Loved by "150 million of the Great Unwashed" who knew him on the air, the great man was loathed by those who knew him in the flesh. His wife never gave him a divorce, but let him stray at the end of a long leash. Among other places, he strayed into the boudoir of one of his singers (Julie London). Making love to him, she says, "was my way of paying a premium on my job insurance." By the time the great man's portrait is filled in by his pressagent ("I was paid to work for him, not to like him"), and by a simple, slightly ridiculous man who gave him his start—winningly played by Ed Wynn ("He was not a nice person")—what emerges is "a glorified con man with his voice amplified." The dramatic question: Now that Commentator Ferrer knows what a monumental heel the great man was, will he turn the memorial show into a farce by doing a tearjerker or into a scandal by telling the truth? What he does is an improbable surprise, but well worth seeing.

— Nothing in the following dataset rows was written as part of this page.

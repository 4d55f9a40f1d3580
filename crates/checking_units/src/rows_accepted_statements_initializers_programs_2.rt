//! accepted: statements, initializers, programs: what the definition of checking answers.
ghost use Rattle.std.specs.Prelude.{◌≡◌};
ghost use Rattle.checking_units.specs.Parts.{outcome, accepted};
ghost use Rattle.checking_units.specs.RowsAcceptedStatementsInitializersPrograms2 as rows;

/// accepted: statements, initializers, programs.
pub fn rows_accepted_statements_initializers_programs_2()
    ensures accepted_statements_initializers_programs_25 { outcome rows.accepted_statements_initializers_programs_25 ≡ accepted }
    ensures accepted_statements_initializers_programs_26 { outcome rows.accepted_statements_initializers_programs_26 ≡ accepted }
    ensures accepted_statements_initializers_programs_27 { outcome rows.accepted_statements_initializers_programs_27 ≡ accepted }
    ensures accepted_statements_initializers_programs_28 { outcome rows.accepted_statements_initializers_programs_28 ≡ accepted }
    ensures accepted_statements_initializers_programs_29 { outcome rows.accepted_statements_initializers_programs_29 ≡ accepted }
    ensures accepted_statements_initializers_programs_30 { outcome rows.accepted_statements_initializers_programs_30 ≡ accepted }
    ensures accepted_statements_initializers_programs_31 { outcome rows.accepted_statements_initializers_programs_31 ≡ accepted }
    ensures accepted_statements_initializers_programs_32 { outcome rows.accepted_statements_initializers_programs_32 ≡ accepted }
    ensures accepted_statements_initializers_programs_33 { outcome rows.accepted_statements_initializers_programs_33 ≡ accepted }
    ensures accepted_statements_initializers_programs_34 { outcome rows.accepted_statements_initializers_programs_34 ≡ accepted }
    ensures accepted_statements_initializers_programs_35 { outcome rows.accepted_statements_initializers_programs_35 ≡ accepted }
    ensures accepted_statements_initializers_programs_36 { outcome rows.accepted_statements_initializers_programs_36 ≡ accepted }
    ensures accepted_statements_initializers_programs_37 { outcome rows.accepted_statements_initializers_programs_37 ≡ accepted }
    ensures accepted_statements_initializers_programs_38 { outcome rows.accepted_statements_initializers_programs_38 ≡ accepted }
    ensures accepted_statements_initializers_programs_39 { outcome rows.accepted_statements_initializers_programs_39 ≡ accepted }
    ensures accepted_statements_initializers_programs_40 { outcome rows.accepted_statements_initializers_programs_40 ≡ accepted }
    ensures accepted_statements_initializers_programs_41 { outcome rows.accepted_statements_initializers_programs_41 ≡ accepted }
    ensures accepted_statements_initializers_programs_42 { outcome rows.accepted_statements_initializers_programs_42 ≡ accepted }
    ensures accepted_statements_initializers_programs_43 { outcome rows.accepted_statements_initializers_programs_43 ≡ accepted }
    ensures accepted_statements_initializers_programs_44 { outcome rows.accepted_statements_initializers_programs_44 ≡ accepted }
    ensures accepted_statements_initializers_programs_45 { outcome rows.accepted_statements_initializers_programs_45 ≡ accepted }
    ensures accepted_statements_initializers_programs_46 { outcome rows.accepted_statements_initializers_programs_46 ≡ accepted }
    ensures accepted_statements_initializers_programs_47 { outcome rows.accepted_statements_initializers_programs_47 ≡ accepted }
    ensures accepted_statements_initializers_programs_48 { outcome rows.accepted_statements_initializers_programs_48 ≡ accepted }
{}
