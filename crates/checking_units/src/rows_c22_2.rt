//! C22: complete object type is needed: what the definition of checking answers.
ghost use Rattle.std.specs.Prelude.{◌≡◌};
ghost use Rattle.checking_units.specs.Parts.{outcome, breaks};
ghost use Rattle.checking_units.specs.RowsC222 as rows;

/// C22: complete object type is needed.
pub fn rows_c22_2()
    ensures c22_25 { outcome rows.c22_25 ≡ breaks 22 5 }
    ensures c22_26 { outcome rows.c22_26 ≡ breaks 22 10 }
    ensures c22_27 { outcome rows.c22_27 ≡ breaks 22 26 }
    ensures c22_28 { outcome rows.c22_28 ≡ breaks 22 35 }
    ensures c22_29 { outcome rows.c22_29 ≡ breaks 22 55 }
    ensures c22_30 { outcome rows.c22_30 ≡ breaks 22 46 }
    ensures c22_31 { outcome rows.c22_31 ≡ breaks 22 44 }
    ensures c22_32 { outcome rows.c22_32 ≡ breaks 22 45 }
    ensures c22_33 { outcome rows.c22_33 ≡ breaks 22 23 }
    ensures c22_34 { outcome rows.c22_34 ≡ breaks 22 36 }
    ensures c22_35 { outcome rows.c22_35 ≡ breaks 22 34 }
    ensures c22_36 { outcome rows.c22_36 ≡ breaks 22 21 }
    ensures c22_37 { outcome rows.c22_37 ≡ breaks 22 44 }
    ensures c22_38 { outcome rows.c22_38 ≡ breaks 22 20 }
    ensures c22_39 { outcome rows.c22_39 ≡ breaks 22 27 }
{}
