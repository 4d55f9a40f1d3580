//! C34: designator does not fit: what the definition of checking answers.
ghost use Rattle.std.specs.Prelude.{◌≡◌};
ghost use Rattle.checking_units.specs.Parts.{outcome, breaks};
ghost use Rattle.checking_units.specs.RowsC34 as rows;

/// C34: designator does not fit.
pub fn rows_c34()
    ensures c34_1 { outcome rows.c34_1 ≡ breaks 34 10 }
    ensures c34_2 { outcome rows.c34_2 ≡ breaks 34 27 }
    ensures c34_3 { outcome rows.c34_3 ≡ breaks 34 14 }
    ensures c34_4 { outcome rows.c34_4 ≡ breaks 34 27 }
{}
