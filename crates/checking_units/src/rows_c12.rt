//! C12: pointer to a complete object is needed: what the definition of checking answers.
ghost use Rattle.std.specs.Prelude.{◌≡◌};
ghost use Rattle.checking_units.specs.Parts.{outcome, breaks};
ghost use Rattle.checking_units.specs.RowsC12 as rows;

/// C12: pointer to a complete object is needed.
pub fn rows_c12()
    ensures c12_1 { outcome rows.c12_1 ≡ breaks 12 20 }
    ensures c12_2 { outcome rows.c12_2 ≡ breaks 12 21 }
    ensures c12_3 { outcome rows.c12_3 ≡ breaks 12 23 }
    ensures c12_4 { outcome rows.c12_4 ≡ breaks 12 31 }
    ensures c12_5 { outcome rows.c12_5 ≡ breaks 12 25 }
    ensures c12_6 { outcome rows.c12_6 ≡ breaks 12 29 }
    ensures c12_7 { outcome rows.c12_7 ≡ breaks 12 23 }
    ensures c12_8 { outcome rows.c12_8 ≡ breaks 12 33 }
    ensures c12_9 { outcome rows.c12_9 ≡ breaks 12 33 }
    ensures c12_10 { outcome rows.c12_10 ≡ breaks 12 29 }
{}
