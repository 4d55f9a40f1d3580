//! accepted: declarations: what the definition of checking answers.
ghost use Rattle.std.specs.Prelude.{◌≡◌};
ghost use Rattle.checking_units.specs.Parts.{outcome, accepted};
ghost use Rattle.checking_units.specs.RowsAcceptedDeclarations5 as rows;

/// accepted: declarations.
pub fn rows_accepted_declarations_5()
    ensures accepted_declarations_97 { outcome rows.accepted_declarations_97 ≡ accepted }
{}
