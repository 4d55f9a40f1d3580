//! accepted: declarations: what the definition of checking answers.
ghost use Rattle.std.specs.Prelude.{◌≡◌};
ghost use Rattle.checking_units.specs.Parts.{outcome, accepted};
ghost use Rattle.checking_units.specs.RowsAcceptedDeclarations4 as rows;

/// accepted: declarations.
pub fn rows_accepted_declarations_4()
    ensures accepted_declarations_73 { outcome rows.accepted_declarations_73 ≡ accepted }
    ensures accepted_declarations_74 { outcome rows.accepted_declarations_74 ≡ accepted }
    ensures accepted_declarations_75 { outcome rows.accepted_declarations_75 ≡ accepted }
    ensures accepted_declarations_76 { outcome rows.accepted_declarations_76 ≡ accepted }
    ensures accepted_declarations_77 { outcome rows.accepted_declarations_77 ≡ accepted }
    ensures accepted_declarations_78 { outcome rows.accepted_declarations_78 ≡ accepted }
    ensures accepted_declarations_79 { outcome rows.accepted_declarations_79 ≡ accepted }
    ensures accepted_declarations_80 { outcome rows.accepted_declarations_80 ≡ accepted }
    ensures accepted_declarations_81 { outcome rows.accepted_declarations_81 ≡ accepted }
    ensures accepted_declarations_82 { outcome rows.accepted_declarations_82 ≡ accepted }
    ensures accepted_declarations_83 { outcome rows.accepted_declarations_83 ≡ accepted }
    ensures accepted_declarations_84 { outcome rows.accepted_declarations_84 ≡ accepted }
    ensures accepted_declarations_85 { outcome rows.accepted_declarations_85 ≡ accepted }
    ensures accepted_declarations_86 { outcome rows.accepted_declarations_86 ≡ accepted }
    ensures accepted_declarations_87 { outcome rows.accepted_declarations_87 ≡ accepted }
    ensures accepted_declarations_88 { outcome rows.accepted_declarations_88 ≡ accepted }
    ensures accepted_declarations_89 { outcome rows.accepted_declarations_89 ≡ accepted }
    ensures accepted_declarations_90 { outcome rows.accepted_declarations_90 ≡ accepted }
    ensures accepted_declarations_91 { outcome rows.accepted_declarations_91 ≡ accepted }
    ensures accepted_declarations_92 { outcome rows.accepted_declarations_92 ≡ accepted }
    ensures accepted_declarations_93 { outcome rows.accepted_declarations_93 ≡ accepted }
    ensures accepted_declarations_94 { outcome rows.accepted_declarations_94 ≡ accepted }
    ensures accepted_declarations_95 { outcome rows.accepted_declarations_95 ≡ accepted }
    ensures accepted_declarations_96 { outcome rows.accepted_declarations_96 ≡ accepted }
{}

Bosley Crowther reviewing the film in The New York Times (January 2, 1957), described the film as:
... a smashingly brutal and generally absorbing expose of a piece of deception and hypocrisy within the radio industry... the New Year's first flash of cynicism... Maybe you have some recollection of Orson Welles' Citizen Kane. Well, this will remind you of it, especially as it begins. With a witheringly sharp-focus camera and a hard-boiled-reporter approach, cued by a personal narration that is laced with sophisticated slang, Mr. Ferrer, as a radio talker, takes out to "find the story behind" a phenomenally popular air artist, just killed in an accident. The information, gathered from "loved ones," associates and fans, is to be used to develop a mammoth, one-hour, nationwide memorial program. This, you can see, is very similar to the beginning of "Citizen Kane." And so are initial developments, as the reporter detects that the deceased was not a saint. From the dead man's press agent, business manager, employer and ex-girl friend, he discovers that this nationally worshiped "idol" of the airwaves was strictly a heel. This verbally imparted exposition leaves our man mildly amazed. But the thing that really disturbs him is the accumulating indication that his radio sponsors are cold-bloodedly determined to perpetuate the tawdry myth of the "great man." Knowing, as he does, the dark truth, they still mean to go ahead—and even fake a great deal—with a monstrously mawkish memorial program.

When Morgan and Ferrer collaborated again two years later on the book for the musical comedy, Oh, Captain!, they were nominated for Broadway's 1958 Tony Award for Best Musical.

Morgan's other novels include One Star General (Rinehart & Company, 1959) and Anchor Woman (Stein & Day, 1974).